- [TASK PROMPT]:
Restate all of the data precisely, omitting nothing.

- [DATA LISTING]:
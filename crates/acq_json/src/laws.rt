//! Laws of messages as JSON, and worked rows of the definitions.

ghost use Rattle.std.specs.Prelude.{◌≡◌, ◌∷◌, ◌++◌, [], ℕ, List, Ok, Err, codes, true};
ghost use Rattle.std.specs.List.{list_all};
ghost use Rattle.iso_codec.specs.declared.decode_fault.DecodeFault.{DecodeFault};
ghost use Rattle.iso_codec.specs.declared.set_fault.SetFault.TheVariants.{BadContent, BadLength};
ghost use Rattle.iso_codec.specs.declared.set_fault.SetFault.TheVariants.{UnknownElement};
ghost use Rattle.iso_codec.specs.FaultPlaces.{fault_place};
ghost use Rattle.iso_codec.specs.Message.{IsoMessage};
ghost use Rattle.iso_codec.specs.Reading.{reading_of, spelling};
ghost use Rattle.acq_show.specs.Hidden.{DifferHidden, EachDiffersHidden};
ghost use Rattle.acq_make.specs.declared.make_fault.MakeFault.TheVariants.{BadLine, BadMessage};
ghost use Rattle.acq_make.specs.Said.{IsSent};
ghost use Rattle.acq_json.specs.declared.card_form.CardForm.{CardForm};
ghost use Rattle.acq_json.specs.declared.card_form.CardForm.TheVariants.{Masked, Whole};
ghost use Rattle.acq_json.specs.Lines.{json_lines};
ghost use Rattle.acq_json.specs.Said.{is_open, messages_said};
ghost use Rattle.acq_json.specs.Written.{content_in, json_line};

/// The line of a message that a frame can have, written whole and read back, says that message,
/// unless a content of 45 or 55 begins as what is shown in place of one.
pub fn whole_lines_say_the_message()
    ensures { (m : IsoMessage) → IsSent m → list_all is_open m.elements ≡ true
        → messages_said (json_line Whole (spelling m)) ≡ Ok (m ∷ []) }
{}

/// A masked line depends on no more of a card number than its length, its first six and its last
/// four digits; of track 2 on no more than that and the length behind; and of track 1, a PIN block
/// and chip data on the length alone. A fault's line depends on the fault and its place alone.
pub fn no_card_is_written()
    ensures content { (n : ℕ) (content other : List ℕ) → DifferHidden n content other
        → content_in Masked n content ≡ content_in Masked n other }
    ensures message { (text other : List ℕ) (m n : IsoMessage) → reading_of text ≡ Ok m
        → reading_of other ≡ Ok n → m.kind ≡ n.kind → EachDiffersHidden m.elements n.elements
        → json_line Masked text ≡ json_line Masked other }
    ensures fault { (form : CardForm) (text other : List ℕ) (f : DecodeFault)
        → reading_of text ≡ Err f → reading_of other ≡ Err f
        → fault_place text f ≡ fault_place other f
        → json_line form text ≡ json_line form other }
{}

/// The line of a sale, masked and whole, and those of other texts.
pub fn worked_lines()
    ensures masked { json_line Masked
        (codes "0200" ++ codes "7000000000001000" ++ codes "164111111111111111"
        ++ codes "000000" ++ codes "000000001250" ++ codes "0123456789ABCDEF")
        ≡ codes "{\"type\":\"0200\",\"elements\":{\"2\":\"411111******1111\","
        ++ codes "\"3\":\"000000\",\"4\":\"000000001250\",\"52\":\"(length 16, not shown)\"}}\n" }
    ensures whole { json_line Whole
        (codes "0200" ++ codes "7000000000001000" ++ codes "164111111111111111"
        ++ codes "000000" ++ codes "000000001250" ++ codes "0123456789ABCDEF")
        ≡ codes "{\"type\":\"0200\",\"elements\":{\"2\":\"4111111111111111\","
        ++ codes "\"3\":\"000000\",\"4\":\"000000001250\",\"52\":\"0123456789ABCDEF\"}}\n" }
    ensures bytes { json_line Masked
        (codes "0800" ++ codes "0000000000010000" ++ codes "003" ++ 34 ∷ 10 ∷ 233 ∷ [])
        ≡ codes "{\"type\":\"0800\",\"elements\":{\"48\":\"\\\"\\n" ++ 195 ∷ 169 ∷ []
        ++ codes "\"}}\n" }
    ensures short { json_line Masked (codes "08")
        ≡ codes "{\"fault\":5,\"element\":0,\"at\":2,"
        ++ codes "\"text\":\"the text ends in element 0\"}\n" }
    ensures lines { json_lines Masked (codes "done\nframe,1714546800,3038,,,\nframe,now,0g\r\n")
        ≡ json_line Masked (codes "08")
        ++ codes "{\"fault\":0,\"element\":0,\"at\":0,\"text\":\"no hexadecimal digits\"}\n" }
    ensures reply { json_lines Whole (codes "reply 08\r\n\ndone\n") ≡ json_line Whole (codes "08") }
{}

/// What lines say.
pub fn worked_messages()
    ensures echo { messages_said (codes "\n { \"elements\" : {\"70\":\"301\", \"11\":\"000001\"}, "
        ++ codes "\"type\":\"0800\" }\r\n")
        ≡ Ok (record {
          kind = codes "0800";
          elements = (11, codes "000001") ∷ (70, codes "301") ∷ [];
        } ∷ []) }
    ensures bytes { messages_said
        (codes "{\"type\":\"0800\",\"elements\":{\"48\":\"\\u0000\\u00e9\"}}")
        ≡ Ok (record { kind = codes "0800"; elements = (48, 0 ∷ 233 ∷ []) ∷ [] } ∷ []) }
    ensures none { messages_said (codes "  \n\r\n") ≡ Ok [] }
    ensures no_json { messages_said (codes "\n0800\n") ≡ Err (BadLine 2) }
    ensures no_type { messages_said (codes "{\"elements\":{}}") ≡ Err (BadLine 1) }
    ensures bad_type { messages_said (codes "{\"type\":\"080A\",\"elements\":{}}")
        ≡ Err (BadLine 1) }
    ensures more { messages_said (codes "{\"type\":\"0800\",\"elements\":{},\"at\":0}")
        ≡ Err (BadLine 1) }
    ensures twice { messages_said
        (codes "{\"type\":\"0800\",\"elements\":{\"11\":\"000001\",\"11\":\"000001\"}}")
        ≡ Err (BadLine 1) }
    ensures zero { messages_said (codes "{\"type\":\"0800\",\"elements\":{\"011\":\"000001\"}}")
        ≡ Err (BadLine 1) }
    ensures beyond { messages_said (codes "{\"type\":\"0800\",\"elements\":{\"129\":\"1\"}}")
        ≡ Err (BadLine 1) }
    ensures number { messages_said (codes "{\"type\":\"0800\",\"elements\":{\"11\":1}}")
        ≡ Err (BadLine 1) }
    ensures wide { messages_said (codes "{\"type\":\"0800\",\"elements\":{\"48\":\"\\u0100\"}}")
        ≡ Err (BadLine 1) }
    ensures hidden { messages_said
        (codes "{\"type\":\"0200\",\"elements\":{\"45\":\"(length 5, not shown)\"}}")
        ≡ Err (BadLine 1) }
    ensures mask { messages_said
        (codes "{\"type\":\"0200\",\"elements\":{\"2\":\"411111******1111\"}}")
        ≡ Err (BadMessage 1 (BadContent 2)) }
    ensures unknown { messages_said (codes "{\"type\":\"0800\",\"elements\":{\"65\":\"1\"}}")
        ≡ Err (BadMessage 1 (UnknownElement 65)) }
    ensures length { messages_said (codes "{\"type\":\"0800\",\"elements\":{\"11\":\"1\"}}")
        ≡ Err (BadMessage 1 (BadLength 11)) }
{}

- [EXERCISE OUTPUT]:
filename crates/acq_json/src/laws.rt
//! Laws of messages as JSON, and worked rows of the definitions.

ghost use Rattle.std.specs.Prelude.{◌≡◌, ◌∷◌, ◌++◌, [], ℕ, List, Ok, Err, codes, true};
ghost use Rattle.std.specs.List.{list_all};
ghost use Rattle.iso_codec.specs.declared.decode_fault.DecodeFault.{DecodeFault};
ghost use Rattle.iso_codec.specs.declared.set_fault.SetFault.TheVariants.{BadContent, BadLength};
ghost use Rattle.iso_codec.specs.declared.set_fault.SetFault.TheVariants.{UnknownElement};
ghost use Rattle.iso_codec.specs.FaultPlaces.{fault_place};
ghost use Rattle.iso_codec.specs.Message.{IsoMessage};
ghost use Rattle.iso_codec.specs.Reading.{reading_of, spelling};
ghost use Rattle.acq_show.specs.Hidden.{DifferHidden, EachDiffersHidden};
ghost use Rattle.acq_make.specs.declared.make_fault.MakeFault.TheVariants.{BadLine, BadMessage};
ghost use Rattle.acq_make.specs.Said.{IsSent};
ghost use Rattle.acq_json.specs.declared.card_form.CardForm.{CardForm};
ghost use Rattle.acq_json.specs.declared.card_form.CardForm.TheVariants.{Masked, Whole};
ghost use Rattle.acq_json.specs.Lines.{json_lines};
ghost use Rattle.acq_json.specs.Said.{is_open, messages_said};
ghost use Rattle.acq_json.specs.Written.{content_in, json_line};

/// The line of a message that a frame can have, written whole and read back, says that message,
/// unless a content of 45 or 55 begins as what is shown in place of one.
pub fn whole_lines_say_the_message()
    ensures { (m : IsoMessage) → IsSent m → list_all is_open m.elements ≡ true
        → messages_said (json_line Whole (spelling m)) ≡ Ok (m ∷ []) }
{}

/// A masked line depends on no more of a card number than its length, its first six and its last
/// four digits; of track 2 on no more than that and the length behind; and of track 1, a PIN block
/// and chip data on the length alone. A fault's line depends on the fault and its place alone.
pub fn no_card_is_written()
    ensures content { (n : ℕ) (content other : List ℕ) → DifferHidden n content other
        → content_in Masked n content ≡ content_in Masked n other }
    ensures message { (text other : List ℕ) (m n : IsoMessage) → reading_of text ≡ Ok m
        → reading_of other ≡ Ok n → m.kind ≡ n.kind → EachDiffersHidden m.elements n.elements
        → json_line Masked text ≡ json_line Masked other }
    ensures fault { (form : CardForm) (text other : List ℕ) (f : DecodeFault)
        → reading_of text ≡ Err f → reading_of other ≡ Err f
        → fault_place text f ≡ fault_place other f
        → json_line form text ≡ json_line form other }
{}

/// The line of a sale, masked and whole, and those of other texts.
pub fn worked_lines()
    ensures masked { json_line Masked
        (codes "0200" ++ codes "7000000000001000" ++ codes "164111111111111111"
        ++ codes "000000" ++ codes "000000001250" ++ codes "0123456789ABCDEF")
        ≡ codes "{\"type\":\"0200\",\"elements\":{\"2\":\"411111******1111\","
        ++ codes "\"3\":\"000000\",\"4\":\"000000001250\",\"52\":\"(length 16, not shown)\"}}\n" }
    ensures whole { json_line Whole
        (codes "0200" ++ codes "7000000000001000" ++ codes "164111111111111111"
        ++ codes "000000" ++ codes "000000001250" ++ codes "0123456789ABCDEF")
        ≡ codes "{\"type\":\"0200\",\"elements\":{\"2\":\"4111111111111111\","
        ++ codes "\"3\":\"000000\",\"4\":\"000000001250\",\"52\":\"0123456789ABCDEF\"}}\n" }
    ensures bytes { json_line Masked
        (codes "0800" ++ codes "0000000000010000" ++ codes "003" ++ 34 ∷ 10 ∷ 233 ∷ [])
        ≡ codes "{\"type\":\"0800\",\"elements\":{\"48\":\"\\\"\\n" ++ 195 ∷ 169 ∷ []
        ++ codes "\"}}\n" }
    ensures short { json_line Masked (codes "08")
        ≡ codes "{\"fault\":5,\"element\":0,\"at\":2,"
        ++ codes "\"text\":\"the text ends in element 0\"}\n" }
    ensures lines { json_lines Masked (codes "done\nframe,1714546800,3038,,,\nframe,now,0g\r\n")
        ≡ json_line Masked (codes "08")
        ++ codes "{\"fault\":0,\"element\":0,\"at\":0,\"text\":\"no hexadecimal digits\"}\n" }
    ensures reply { json_lines Whole (codes "reply 08\r\n\ndone\n") ≡ json_line Whole (codes "08") }
{}

/// What lines say.
pub fn worked_messages()
    ensures echo { messages_said (codes "\n { \"elements\" : {\"70\":\"301\", \"11\":\"000001\"}, "
        ++ codes "\"type\":\"0800\" }\r\n")
        ≡ Ok (record {
          kind = codes "0800";
          elements = (11, codes "000001") ∷ (70, codes "301") ∷ [];
        } ∷ []) }
    ensures bytes { messages_said
        (codes "{\"type\":\"0800\",\"elements\":{\"48\":\"\\u0000\\u00e9\"}}")
        ≡ Ok (record { kind = codes "0800"; elements = (48, 0 ∷ 233 ∷ []) ∷ [] } ∷ []) }
    ensures none { messages_said (codes "  \n\r\n") ≡ Ok [] }
    ensures no_json { messages_said (codes "\n0800\n") ≡ Err (BadLine 2) }
    ensures no_type { messages_said (codes "{\"elements\":{}}") ≡ Err (BadLine 1) }
    ensures bad_type { messages_said (codes "{\"type\":\"080A\",\"elements\":{}}")
        ≡ Err (BadLine 1) }
    ensures more { messages_said (codes "{\"type\":\"0800\",\"elements\":{},\"at\":0}")
        ≡ Err (BadLine 1) }
    ensures twice { messages_said
        (codes "{\"type\":\"0800\",\"elements\":{\"11\":\"000001\",\"11\":\"000001\"}}")
        ≡ Err (BadLine 1) }
    ensures zero { messages_said (codes "{\"type\":\"0800\",\"elements\":{\"011\":\"000001\"}}")
        ≡ Err (BadLine 1) }
    ensures beyond { messages_said (codes "{\"type\":\"0800\",\"elements\":{\"129\":\"1\"}}")
        ≡ Err (BadLine 1) }
    ensures number { messages_said (codes "{\"type\":\"0800\",\"elements\":{\"11\":1}}")
        ≡ Err (BadLine 1) }
    ensures wide { messages_said (codes "{\"type\":\"0800\",\"elements\":{\"48\":\"\\u0100\"}}")
        ≡ Err (BadLine 1) }
    ensures hidden { messages_said
        (codes "{\"type\":\"0200\",\"elements\":{\"45\":\"(length 5, not shown)\"}}")
        ≡ Err (BadLine 1) }
    ensures mask { messages_said
        (codes "{\"type\":\"0200\",\"elements\":{\"2\":\"411111******1111\"}}")
        ≡ Err (BadMessage 1 (BadContent 2)) }
    ensures unknown { messages_said (codes "{\"type\":\"0800\",\"elements\":{\"65\":\"1\"}}")
        ≡ Err (BadMessage 1 (UnknownElement 65)) }
    ensures length { messages_said (codes "{\"type\":\"0800\",\"elements\":{\"11\":\"1\"}}")
        ≡ Err (BadMessage 1 (BadLength 11)) }
{}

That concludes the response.